Hollywood is mostly controlled by leftists/democrats who hate our Constitution.  
Sure, it's "only a TV show", but TV is a powerful tool and strongly influences people.  This type of left-wing propoganda has been spread on TV shoes for some time and will only get worse.
You can see it on both West Wing and the new Gena Davis show which I can't think of the name of - she plays the first female president.  I happened to watch this last week and was not surprised to learn later on that it is written/produced by clinton's people.


----------



## Bigshadow (Nov 2, 2005)

I think that is called "propaganda". The media-meisters know they can influence public opinion by showing something like that. As much as people know those shows are NOT real, they identify with those shows. Even though they know it isn't real, they unconsciously believe that the opinions and thoughts that are represented are indeed a reflection of society. This is the trap, for even the ideas and thoughts are most often not a reflection of society and reality.

This is one of the reasons I will not watch those sorts of shows. Even though I know what to look for, it is far too easy to relax and succomb to the propaganda.

As much as the U.S. Population think they are free, they are not.  It is the subtle influences such as this that controls the masses.  Don't think for a minute the Government does not take advantage of this.


----------



## Brother John (Nov 2, 2005)

Bigshadow said:
			
		

> I think that is called "propaganda". The media-meisters know they can influence public opinion by showing something like that.

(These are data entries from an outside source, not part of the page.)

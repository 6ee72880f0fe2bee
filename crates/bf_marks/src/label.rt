//! What columns are labelled by.
ghost use Rattle.std.specs.Prelude.{◌≡◌, ◌≤◌, ◌<◌, ◌+◌, ◌==◌, ◌++◌, max, length, map, replicate, if◌then◌else◌, OnOk};
ghost use Rattle.bf_marks.specs.Labels.{are_apart_in, seconds_of, is_behind, scale_of, group_size_of, unit_place_of, fitted_of, digits_at, group_label, groups_of, groups_text, counted, left, right};
ghost use Rattle.bf_marks.specs.inner.Labels.{same_first};

use crate::phrases::push;
use bf_moment::{Moment, moment_bytes};
use bf_value::OutOfMemory;
use std::alloc::Global;

/// What the two digits above a column tell, within the group that is named above them: the year of a decade, the month
/// of a year, the day of a month, the hour of a day, or the minute of an hour.
#[derive(Clone, Copy, Debug, PartialEq, Eq)]
pub enum Scale {
    Years,
    Months,
    Days,
    Hours,
    Minutes,
}

/// Whether `second` is at least `seconds` seconds after `first`.
fn is_later_by(first: Moment, second: Moment, seconds: u32) -> bool
    ensures { result ≡ is_behind (seconds_of seconds) first.at.nanosecond second.at.nanosecond }
{
    let least = i128::from(seconds) * 1_000_000_000;
    second.at.as_nanosecond() >= first.at.as_nanosecond() + least
}

/// Whether each of these moments is at least `seconds` seconds after the one before it; true for fewer than two.
fn are_apart(starts: &[Moment], seconds: u32) -> bool
    ensures { result ≡ are_apart_in (seconds_of seconds)
        (map (λ start. start.at.nanosecond) starts.now) }
{
    let Some((first, rest)) = starts.split_first() else {
        return true;
    };
    let mut before = *first;
    for start in rest {
        if !is_later_by(before, *start, seconds) {
            return false;
        }
        before = *start;
    }
    true
}

impl Scale {
    /// The scale for columns that start at these moments, by the least time between neighbours: years from 300 days,
    /// months from 28 days, days from 6 hours, hours from 15 minutes, else minutes. Days for fewer than two columns.
    pub fn of(starts: &[Moment]) -> Scale
        ensures { result ≡ scale_of (map (λ start. start.at.nanosecond) starts.now) }
    {
        if starts.len() < 2 {
            return Scale::Days;
        }
        if are_apart(starts, 25_920_000) {
            return Scale::Years;
        }
        if are_apart(starts, 2_419_200) {
            return Scale::Months;
        }
        if are_apart(starts, 21_600) {
            return Scale::Days;
        }
        if are_apart(starts, 900) {
            Scale::Hours
        } else {
            Scale::Minutes
        }
    }

    /// How many bytes at the front of a moment's text, such as `2024-01-31T06:00:00Z`, name the group of a column: 7
    /// for days, whose group is the month.
    fn group_size(self) -> usize
        ensures { result ≡ group_size_of self }
    {
        match self {
            Scale::Years => 3,
            Scale::Months => 4,
            Scale::Days => 7,
            Scale::Hours => 10,
            Scale::Minutes => 13,
        }
    }

    /// Where in a moment's text, such as `2024-01-31T06:00:00Z`, the two digits of a column begin, from 0: 8 for days.
    pub fn unit_place(self) -> usize
        ensures { result ≡ unit_place_of self }
    {
        match self {
            Scale::Years => 2,
            Scale::Months => 5,
            Scale::Days => 8,
            Scale::Hours => 11,
            Scale::Minutes => 14,
        }
    }

    /// Adds the label of a group: `group`, as it stands at the front of a moment's text, and for a decade `0s` after
    /// it, such as `2020s`.
    fn push_label(self, label: &mut Vec<u8>, group: &[u8]) -> Result<(), OutOfMemory>
        ensures { OnOk result (label.new.items ≡ label.old.items ++ group_label self group.now) }
    {
        push(label, group)?;
        if self == Scale::Years {
            push(label, b"0s")?;
        }
        Ok(())
    }
}

/// The label, or its last three bytes where it has more than five, or nothing: the first of these that leaves one of
/// `room` columns free after it.
fn fitted(label: &[u8], room: usize) -> &[u8]
    ensures { result.now ≡ fitted_of room label.now }
{
    if label.len() < room {
        return label;
    }
    if label.len() > 5 && room > 3 {
        return &label[label.len() - 3..];
    }
    &[]
}

/// How many moments at the front of `starts` are in this group, up to the first that isn't.
fn count_same_at_front(scale: Scale, group: &[u8], starts: &[Moment]) -> usize
    ensures count { result ≡ same_first group.now
        (groups_of scale (map (λ start. start.at.nanosecond) starts.now)) }
    ensures within { result ≤ length starts.now }
{
    for (place, start) in starts.iter().enumerate() {
        if &moment_bytes(start.at)[..scale.group_size()] != group {
            return place;
        }
    }
    starts.len()
}

/// Adds the label of a group, cut to fit into `room` columns, and spaces after it up to `count` columns.
fn push_group(
    alloc: Global,
    text: &mut Vec<u8>,
    scale: Scale,
    group: &[u8],
    count: usize,
    room: usize,
) -> Result<(), OutOfMemory>
    ensures { OnOk result (text.new.items ≡ text.old.items
        ++ left count (fitted_of room (group_label scale group.now))) }
{
    let mut label = Vec::new(alloc);
    scale.push_label(&mut label, group)?;
    push_left_aligned(text, count, fitted(label.as_slice(), room))
}

/// Adds `count` spaces.
pub fn push_spaces(text: &mut Vec<u8>, count: usize) -> Result<(), OutOfMemory>
    ensures { OnOk result (text.new.items ≡ text.old.items ++ replicate count 32) }
{
    for _ in 0..count {
        text.push(b' ')?;
    }
    Ok(())
}

/// Adds `shown` and spaces after it, up to `width` bytes; a longer text isn't cut.
pub fn push_left_aligned(text: &mut Vec<u8>, width: usize, shown: &[u8]) -> Result<(), OutOfMemory>
    ensures { OnOk result (text.new.items ≡ text.old.items ++ left width shown.now) }
{
    push(text, shown)?;
    push_spaces(text, width.saturating_sub(shown.len()))
}

/// Adds `shown` with spaces before it, up to `width` bytes; a longer text isn't cut.
pub fn push_right_aligned(text: &mut Vec<u8>, width: usize, shown: &[u8]) -> Result<(), OutOfMemory>
    ensures { OnOk result (text.new.items ≡ text.old.items ++ right width shown.now) }
{
    push_spaces(text, width.saturating_sub(shown.len()))?;
    push(text, shown)
}

/// How many columns the label of a group of `count` columns may take: `count`, or at least 99 for the last group, which
/// no column in `further` follows.
fn label_room(count: usize, further: &[Moment]) -> usize
    ensures { result ≡ (if length further.now == 0 then max count 99 else count) }
{
    if further.is_empty() {
        count.max(99)
    } else {
        count
    }
}

/// Adds the labels of the groups that these columns, by their starts, are in, each above its group's first column.
pub fn push_groups(
    alloc: Global,
    text: &mut Vec<u8>,
    scale: Scale,
    starts: &[Moment],
) -> Result<(), OutOfMemory>
    ensures { OnOk result (text.new.items ≡ text.old.items ++ groups_text scale
        (counted (groups_of scale (map (λ start. start.at.nanosecond) starts.now)))) }
{
    let mut rest = starts;
    while let Some((first, further)) = rest.split_first() {
        let moment = moment_bytes(first.at);
        let group = &moment[..scale.group_size()];
        let same = count_same_at_front(scale, group, further);
        rest = &further[same..];
        push_group(
            alloc,
            text,
            scale,
            group,
            same + 1,
            label_room(same + 1, rest),
        )?;
    }
    Ok(())
}

/// Adds for each column one character of its start's text, such as `2024-01-31T06:00:00Z`: the one at `place`, from 0.
pub fn push_digits(text: &mut Vec<u8>, place: usize, starts: &[Moment]) -> Result<(), OutOfMemory>
    requires { place < 20 }
    ensures { OnOk result (text.new.items ≡ text.old.items
        ++ digits_at place (map (λ start. start.at.nanosecond) starts.now)) }
{
    for start in starts {
        text.push(moment_bytes(start.at)[place])?;
    }
    Ok(())
}
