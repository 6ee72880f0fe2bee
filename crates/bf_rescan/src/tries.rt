//! The try that begins next.
ghost use Rattle.std.specs.Prelude.{◌≡◌, ◌<◌, ◌≤◌, ◌+◌, length, Some};
ghost use Rattle.bf_core.specs.Cores.{IsThere};
ghost use Rattle.bf_core.specs.Events.{cell_at, instance_of};
ghost use Rattle.bf_pool.specs.Weights.{AreWeights};
ghost use Rattle.bf_waiting.specs.Choices.{IsNextTry};
ghost use Rattle.bf_rescan.specs.inner.Looks.{IsBest, IsTryAt, IsTryBefore, IsTryOf, weightier_try_of};

use bf_core::{Core, Instance, name_of};
use bf_value::JobName;
use bf_waiting::{instances_of, weight_of};

/// The try `found` where its task weighs more than that of `best`, else `best`; where one is missing, the other.
/// `weights` has the total weight of each task.
fn weightier_try(weights: &[u32], best: Option<JobName>, found: Option<JobName>) -> Option<JobName>
    ensures { result ≡ weightier_try_of weights.now best found }
{
    match (best, found) {
        (None, found) => found,
        (Some(best), None) => Some(best),
        (Some(best), Some(found)) => {
            if weight_of(weights, best.task) < weight_of(weights, found.task) {
                Some(found)
            } else {
                Some(best)
            }
        }
    }
}

/// The present try of the instance at `place`, from 0, of a task in a run; None where it may not begin now.
fn try_at(
    core: &Core<'_>,
    run: u32,
    task: u32,
    place: usize,
    instance: &Instance,
) -> Option<JobName>
    requires few { place ≤ 1_024 }
    requires held { instance_of (cell_at core.now.state run task) place ≡ Some instance.now }
    ensures { IsBest core.now (IsTryAt core.now.dag run task place) result }
{
    let _replayed = core.journal();
    let name = name_of(core.plan().dag(), run, task, place, instance.attempt);
    if core.may_begin(name) {
        Some(name)
    } else {
        None
    }
}

/// The first try of a task in a run that may begin now, by map index; None where none may.
fn first_try_of_task(core: &Core<'_>, run: u32, task: u32) -> Option<JobName>
    requires { IsThere core.now.dag core.now.state run task }
    ensures { IsBest core.now (IsTryOf run task) result }
{
    if !core.has_room(task) {
        return None;
    }
    let instances = instances_of(core, run, task);
    for place in 0..instances.len() {
        if let Some(name) = try_at(core, run, task, place, &instances[place]) {
            return Some(name);
        }
    }
    None
}

/// Of the tries that may begin now in this run and the runs before it, the first one of the greatest total weight; None
/// where none may. `earlier` is the same for the runs before it. `weights` has the total weight of each task.
fn best_try_up_to_run(
    core: &Core<'_>,
    weights: &[u32],
    run: u32,
    earlier: Option<JobName>,
) -> Option<JobName>
    requires weights { AreWeights core.now.dag core.now.limits weights.now }
    requires run { run < length core.now.state.runs }
    requires earlier { IsBest core.now (IsTryBefore run 0) earlier }
    ensures { IsBest core.now (IsTryBefore (run + 1) 0) result }
{
    let _replayed = core.journal();
    let mut best = earlier;
    for task in 0..core.plan().dag().tasks.len() {
        best = weightier_try(weights, best, first_try_of_task(core, run, task as u32));
    }
    best
}

/// The try to begin next: of those that may begin now, the one of the greatest total weight, and among equals the first
/// by run, in file order and by map index. None where none may. `weights` has the total weight of each task.
pub fn next_try(core: &Core<'_>, weights: &[u32]) -> Option<JobName>
    requires weights { AreWeights core.now.dag core.now.limits weights.now }
    ensures { IsNextTry core.now result }
{
    let _replayed = core.journal();
    let mut best = None;
    for run in 0..core.run_count() {
        best = best_try_up_to_run(core, weights, run, best);
    }
    best
}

As much as people know those shows are NOT real, they identify with those shows. Even though they know it isn't real, they unconsciously believe that the opinions and thoughts that are represented are indeed a reflection of society. This is the trap, for even the ideas and thoughts are most often not a reflection of society and reality..


 
That's happening A LOT now. Left wing Propaganda being folded into sitcoms, dramas like this one, pop music....etc. etc.

on the other side, lots of times Sermons in all kinds of faiths are becoming propaganda dispensers instead of leading a spiritual celebration or lesson...we get political ideology dressed up in it's "Sunday best".
Also: We get the reverse of this: polititians giving us mandated morality.
THing is: the propaganda from the left is probably much more effective at diffusing out through the population.... because in church the message is really "Preaching to the choir".

Your Brother
John


----------



## arnisador (Nov 2, 2005)

I think they think it's a public service.


----------



## Flatlander (Nov 2, 2005)

JAMJTX said:
			
		

> Hollywood is mostly controlled by leftists/democrats who hate our Constitution.

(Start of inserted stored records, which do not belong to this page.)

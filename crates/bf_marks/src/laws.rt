//! What holds of all grids. These functions do nothing: their contracts are the laws, over the definitions alone.
ghost use Rattle.std.specs.Prelude.{◌≡◌, ◌<◌, ℕ, Some, length, slice_get};
ghost use Rattle.bf_plan.specs.declared.plan.Dag.{Dag};
ghost use Rattle.bf_plan.specs.Plans.{task_of};
ghost use Rattle.bf_plan.specs.Sound.{IsOneOf, IsSound};
ghost use Rattle.bf_marks.specs.RowOrder.{order_of};

/// A law: in the order of rows, each upstream of a task stands before the task.
pub fn rows_stand_behind_their_upstreams()
    ensures { (dag : Dag) (place task upstream : ℕ) → slice_get (order_of dag) place ≡ Some task
        → IsOneOf (task_of dag task).upstreams upstream
        → (before : ℕ) × (before < place) × (slice_get (order_of dag) before ≡ Some upstream) }
{}

/// A law: no task stands twice in the order of rows.
pub fn no_row_stands_twice()
    ensures { (dag : Dag) (one two task : ℕ) → slice_get (order_of dag) one ≡ Some task
        → slice_get (order_of dag) two ≡ Some task → one ≡ two }
{}

/// A law: each task of a sound graph stands in the order of rows.
pub fn each_task_has_a_row()
    ensures { (dag : Dag) → IsSound dag → (task : ℕ) → task < length dag.tasks
        → (place : ℕ) × (slice_get (order_of dag) place ≡ Some task) }
{}
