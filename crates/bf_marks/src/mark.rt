//! The marks of the grid.
ghost use Rattle.std.specs.Prelude.{◌≡◌, ◌++◌, None, map, IfOk, OnOk};
ghost use Rattle.bf_marks.specs.CellMarks.{behind, between, color_code, color_end, color_start, colored_marks, column_mark, mark_letter, mark_of, marks_text, painted, severity, worse};

use crate::phrases::push;
use crate::tally::{Tally, tally_at};
use bf_report::RunReport;
use bf_value::OutOfMemory;

/// What became of a task in a run or in several, from the least bad to the worst.
#[derive(Clone, Copy, Debug, PartialEq, Eq)]
pub enum Mark {
    Skipped,
    Success,
    /// A success after failed tries.
    Retried,
    NoStatus,
    UpstreamFailed,
    Failed,
}

impl Mark {
    /// The mark for the worst state in a tally; `Skipped` for the tally of nothing, `Retried` for a success where
    /// something took more than one try.
    pub fn of(tally: Tally) -> Mark
        ensures { result ≡ mark_of tally }
    {
        if tally.failed > 0 {
            return Mark::Failed;
        }
        if tally.upstream_failed > 0 {
            return Mark::UpstreamFailed;
        }
        if tally.no_status > 0 {
            return Mark::NoStatus;
        }
        if tally.success == 0 {
            return Mark::Skipped;
        }
        if tally.retried {
            Mark::Retried
        } else {
            Mark::Success
        }
    }

    /// How bad a mark is, from 0 for `Skipped` to 5 for `Failed`.
    pub fn severity(self) -> u8
        ensures { result ≡ severity self }
    {
        match self {
            Mark::Skipped => 0,
            Mark::Success => 1,
            Mark::Retried => 2,
            Mark::NoStatus => 3,
            Mark::UpstreamFailed => 4,
            Mark::Failed => 5,
        }
    }

    /// The worse of both marks.
    pub fn worse(self, other: Mark) -> Mark
        ensures { result ≡ worse self other }
    {
        if self.severity() < other.severity() {
            other
        } else {
            self
        }
    }

    /// The character that a grid shows for this mark.
    pub fn letter(self) -> &'static str
        ensures { result.now ≡ mark_letter self }
    {
        match self {
            Mark::Skipped => "s",
            Mark::Success => ".",
            Mark::Retried => ":",
            Mark::NoStatus => "n",
            Mark::UpstreamFailed => "u",
            Mark::Failed => "F",
        }
    }

    /// The terminal code of this mark's colour, such as `32` for green; for the two worst marks with a background.
    pub fn color(self) -> &'static str
        ensures { result.now ≡ color_code self }
    {
        match self {
            Mark::Skipped => "35",
            Mark::Success | Mark::Retried => "32",
            Mark::NoStatus => "36",
            Mark::UpstreamFailed => "30;43",
            Mark::Failed => "1;97;41",
        }
    }
}

/// The escape sequence by which a terminal ends a colour.
const COLOR_END: &str = "\x1b[0m";

/// Adds the escape sequence by which a terminal begins the colour of this code.
fn push_color_start(text: &mut Vec<u8>, code: &str) -> Result<(), OutOfMemory>
    ensures { OnOk result (text.new.items ≡ text.old.items ++ color_start code.now) }
{
    push(text, b"\x1b[")?;
    push(text, code.as_bytes())?;
    push(text, b"m")
}

/// Adds `shown`, in the colour of this terminal code where `colored`, else plain.
pub fn push_painted(
    text: &mut Vec<u8>,
    colored: bool,
    code: &str,
    shown: &[u8],
) -> Result<(), OutOfMemory>
    ensures { OnOk result (text.new.items ≡ text.old.items ++ painted colored code.now shown.now) }
{
    if !colored {
        return push(text, shown);
    }
    push_color_start(text, code)?;
    push(text, shown)?;
    push(text, COLOR_END.as_bytes())
}

/// Adds the escape sequences that end the colour of `before`, None at the front, and begin that of `mark`; adds nothing
/// where both marks are the same.
fn push_color_change(
    text: &mut Vec<u8>,
    before: Option<Mark>,
    mark: Mark,
) -> Result<(), OutOfMemory>
    ensures { OnOk result (text.new.items ≡ text.old.items ++ between before mark) }
{
    if let Some(before) = before {
        if before.severity() == mark.severity() {
            return Ok(());
        }
        push(text, COLOR_END.as_bytes())?;
    }
    push_color_start(text, mark.color())
}

/// Adds the letter of each mark in its colour. Equal marks in a row share one pair of escape sequences.
fn push_colored_marks(text: &mut Vec<u8>, marks: &[Mark]) -> Result<(), OutOfMemory>
    ensures { OnOk result (text.new.items ≡ text.old.items ++ colored_marks None marks.now) }
{
    let mut before = None;
    for mark in marks {
        push_color_change(text, before, *mark)?;
        push(text, mark.letter().as_bytes())?;
        before = Some(*mark);
    }
    if before.is_some() {
        push(text, COLOR_END.as_bytes())?;
    }
    Ok(())
}

/// Adds the letter of each mark, in its colour where `colored`, else plain.
pub fn push_marks(text: &mut Vec<u8>, colored: bool, marks: &[Mark]) -> Result<(), OutOfMemory>
    ensures { OnOk result (text.new.items ≡ text.old.items ++ marks_text colored marks.now) }
{
    if colored {
        return push_colored_marks(text, marks);
    }
    for mark in marks {
        push(text, mark.letter().as_bytes())?;
    }
    Ok(())
}

/// The worst mark of task number `task` in these runs; `Skipped` where there are no runs. In a run without such a task
/// it is `NoStatus`.
pub fn mark_in(runs: &[&RunReport], task: u32) -> Result<Mark, OutOfMemory>
    ensures { IfOk result (λ mark. mark ≡ column_mark task (map (λ run. run.now) runs.now)) }
{
    let mut worst = Mark::Skipped;
    for run in runs {
        worst = worst.worse(Mark::of(tally_at(run, task)?));
    }
    Ok(worst)
}
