//! How wide the parts of a grid are.
ghost use Rattle.std.specs.Prelude.{◌≡◌, ◌≤◌, ◌++◌, OnOk, IfOk};
ghost use Rattle.bf_marks.specs.Widths.{room_beside_of, cut_name, heads_text, in_column, column_count_in, sum_text, sums_text, width_in, widths_of};

use crate::label::push_right_aligned;
use crate::phrases::{push, push_number};
use crate::tally::Tally;
use bf_value::OutOfMemory;
use std::alloc::Global;

/// How many bytes wide the column of sums of each state is; 0 where it isn't shown.
#[derive(Clone, Copy, Debug, PartialEq, Eq)]
pub struct Widths {
    pub success: usize,
    pub failed: usize,
    pub upstream_failed: usize,
    pub skipped: usize,
    pub no_status: usize,
}

/// How many bytes wide a column of sums is where the greatest is `greatest`; 0 where the column isn't shown.
fn width_of(alloc: Global, shown: bool, greatest: u64) -> Result<usize, OutOfMemory>
    ensures { IfOk result (λ n. n ≡ width_in shown greatest) }
{
    if !shown {
        return Ok(0);
    }
    let mut text = Vec::new(alloc);
    push_number(alloc, &mut text, greatest)?;
    Ok(text.len())
}

/// Adds a space and `shown`, right-aligned in `width` bytes; adds nothing where `width` is 0.
fn push_in_column(text: &mut Vec<u8>, width: usize, shown: &[u8]) -> Result<(), OutOfMemory>
    ensures { OnOk result (text.new.items ≡ text.old.items ++ in_column width shown.now) }
{
    if width == 0 {
        return Ok(());
    }
    push(text, b" ")?;
    push_right_aligned(text, width, shown)
}

/// Adds a space and a sum, right-aligned in `width` bytes, with a sum of 0 left blank; adds nothing where `width` is 0.
fn push_sum(alloc: Global, text: &mut Vec<u8>, width: usize, number: u64) -> Result<(), OutOfMemory>
    ensures { OnOk result (text.new.items ≡ text.old.items ++ sum_text width number) }
{
    let mut shown = Vec::new(alloc);
    if number != 0 {
        push_number(alloc, &mut shown, number)?;
    }
    push_in_column(text, width, shown.as_slice())
}

impl Widths {
    /// How wide the columns of sums are, by the sums over all tasks, `total`, and over the runs, `states`. Only a state
    /// that some task has gets a column; failed gets one for a failed run, too.
    pub fn of(alloc: Global, total: Tally, states: Tally) -> Result<Widths, OutOfMemory>
        ensures { IfOk result (λ widths. widths ≡ widths_of total states) }
    {
        let has_failed = total.failed > 0 || states.failed > 0;
        Ok(Widths {
            success: width_of(alloc, total.success > 0, total.success.max(states.success))?,
            failed: width_of(alloc, has_failed, total.failed.max(states.failed))?,
            upstream_failed: width_of(alloc, total.upstream_failed > 0, total.upstream_failed)?,
            skipped: width_of(alloc, total.skipped > 0, total.skipped)?,
            no_status: width_of(alloc, total.no_status > 0, total.no_status)?,
        })
    }

    /// Adds the sums of a tally, each right-aligned in the column of its state; a state without a column is left out.
    pub fn push_sums(
        self,
        alloc: Global,
        text: &mut Vec<u8>,
        tally: Tally,
    ) -> Result<(), OutOfMemory>
        ensures { OnOk result (text.new.items ≡ text.old.items ++ sums_text self tally) }
    {
        push_sum(alloc, text, self.success, tally.success)?;
        push_sum(alloc, text, self.failed, tally.failed)?;
        push_sum(alloc, text, self.upstream_failed, tally.upstream_failed)?;
        push_sum(alloc, text, self.skipped, tally.skipped)?;
        push_sum(alloc, text, self.no_status, tally.no_status)
    }

    /// Adds the letters of the states that have a column, each right-aligned in it.
    pub fn push_heads(self, text: &mut Vec<u8>) -> Result<(), OutOfMemory>
        ensures { OnOk result (text.new.items ≡ text.old.items ++ heads_text self) }
    {
        push_in_column(text, self.success, b".")?;
        push_in_column(text, self.failed, b"F")?;
        push_in_column(text, self.upstream_failed, b"u")?;
        push_in_column(text, self.skipped, b"s")?;
        push_in_column(text, self.no_status, b"n")
    }
}

/// Adds a name, cut to `room` bytes, with `..` for its middle, where it is longer.
pub fn push_cut_name(text: &mut Vec<u8>, room: usize, name: &[u8]) -> Result<(), OutOfMemory>
    requires { 2 ≤ room }
    ensures { OnOk result (text.new.items ≡ text.old.items ++ cut_name room name.now) }
{
    if name.len() <= room {
        return push(text, name);
    }
    let front = (room - 2) / 2;
    push(text, &name[..front])?;
    push(text, b"..")?;
    push(text, &name[name.len() - (room - 2 - front)..])
}

/// How much of `room` is left beside a column of sums of this width and the space before it; all of it where the width
/// is 0.
fn room_beside(width: usize, room: usize) -> usize
    ensures { result ≡ room_beside_of width room }
{
    if width == 0 {
        room
    } else {
        room.saturating_sub(width).saturating_sub(1)
    }
}

/// How many columns of runs fit into a grid of `width` characters beside names of `names` bytes and the columns of
/// sums; at least 8.
pub fn column_count_of(width: usize, names: usize, widths: Widths) -> usize
    ensures room { result ≡ column_count_in width names widths }
    ensures some { 8 ≤ result }
{
    let room = width.saturating_sub(names).saturating_sub(4);
    let room = room_beside(widths.success, room);
    let room = room_beside(widths.failed, room);
    let room = room_beside(widths.upstream_failed, room);
    let room = room_beside(widths.skipped, room);
    room_beside(widths.no_status, room).max(8)
}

That's fairly inflammatory.  Would you care to support this statement?  First, are you able to provide a reference to your claim that Hollywood is mostly controlled by "leftists/democrats", and secondly, would you please demonstrate how it is that they "hate" your constitution?  Thanks.


----------



## michaeledward (Nov 2, 2005)

Hey ... from my point of view (very limited concerning firearms) ....

It was a gun.

It projects small peices of lead at very high velocities.

When those pieces of lead interact with human flesh .... the human flesh loses, every time. (Even with the Hand-gun used on the witness, judge, Eliot, Munch, and the kid).

folding stock ? Flash suppression ? Who knew ?

I'm glad you know these things, but in the art of story telling, probably don't mean anything. They just wanted a mean looking gun to go with the mean looking people.

Do you suppose all those bald basketball players are White Supremists?


----------



## andy (Nov 2, 2005)

welcome to the world of social re-engineering


----------



## Andrew Green (Nov 2, 2005)

JAMJTX said:
			
		

> Get used to it.
> Hollywood is mostly controlled by leftists/democrats who hate our Constitution.



The left blames the right, the right blames the left.  Everyone agrees the whole industry has gone to poo.

Saying they hate the constitiution?  Can you support that?  Or do you just mean "They interpret it differently"

But, as was stated, it is a story.  Storytelling isn't about accuracy on details .5% of viewers will pick up on.  It's about getting people to enjoy themselves and relax, otherwise no one watches it, and if no one watches it, it gets cancelled.

Either that or the industry just blames people downloading it for the lack of viewers...

Bottomline, if you think it is too left wing for your tastes, don't watch it.  Send a letter to the studio stating why you're not watching it anymore if you like.

But yes, there are shows that have a left-wing slant, there are also shows that have a right-wing slant.  Sometimes it's big, sometimes it's small.  Same for any other form of media since media began.


----------



## Phoenix44 (Nov 2, 2005)

Oh please, it's a TV SHOW, for cryin' out loud!  As a matter of fact, most prosecutors in Manhattan DO BELIEVE in tougher gun control.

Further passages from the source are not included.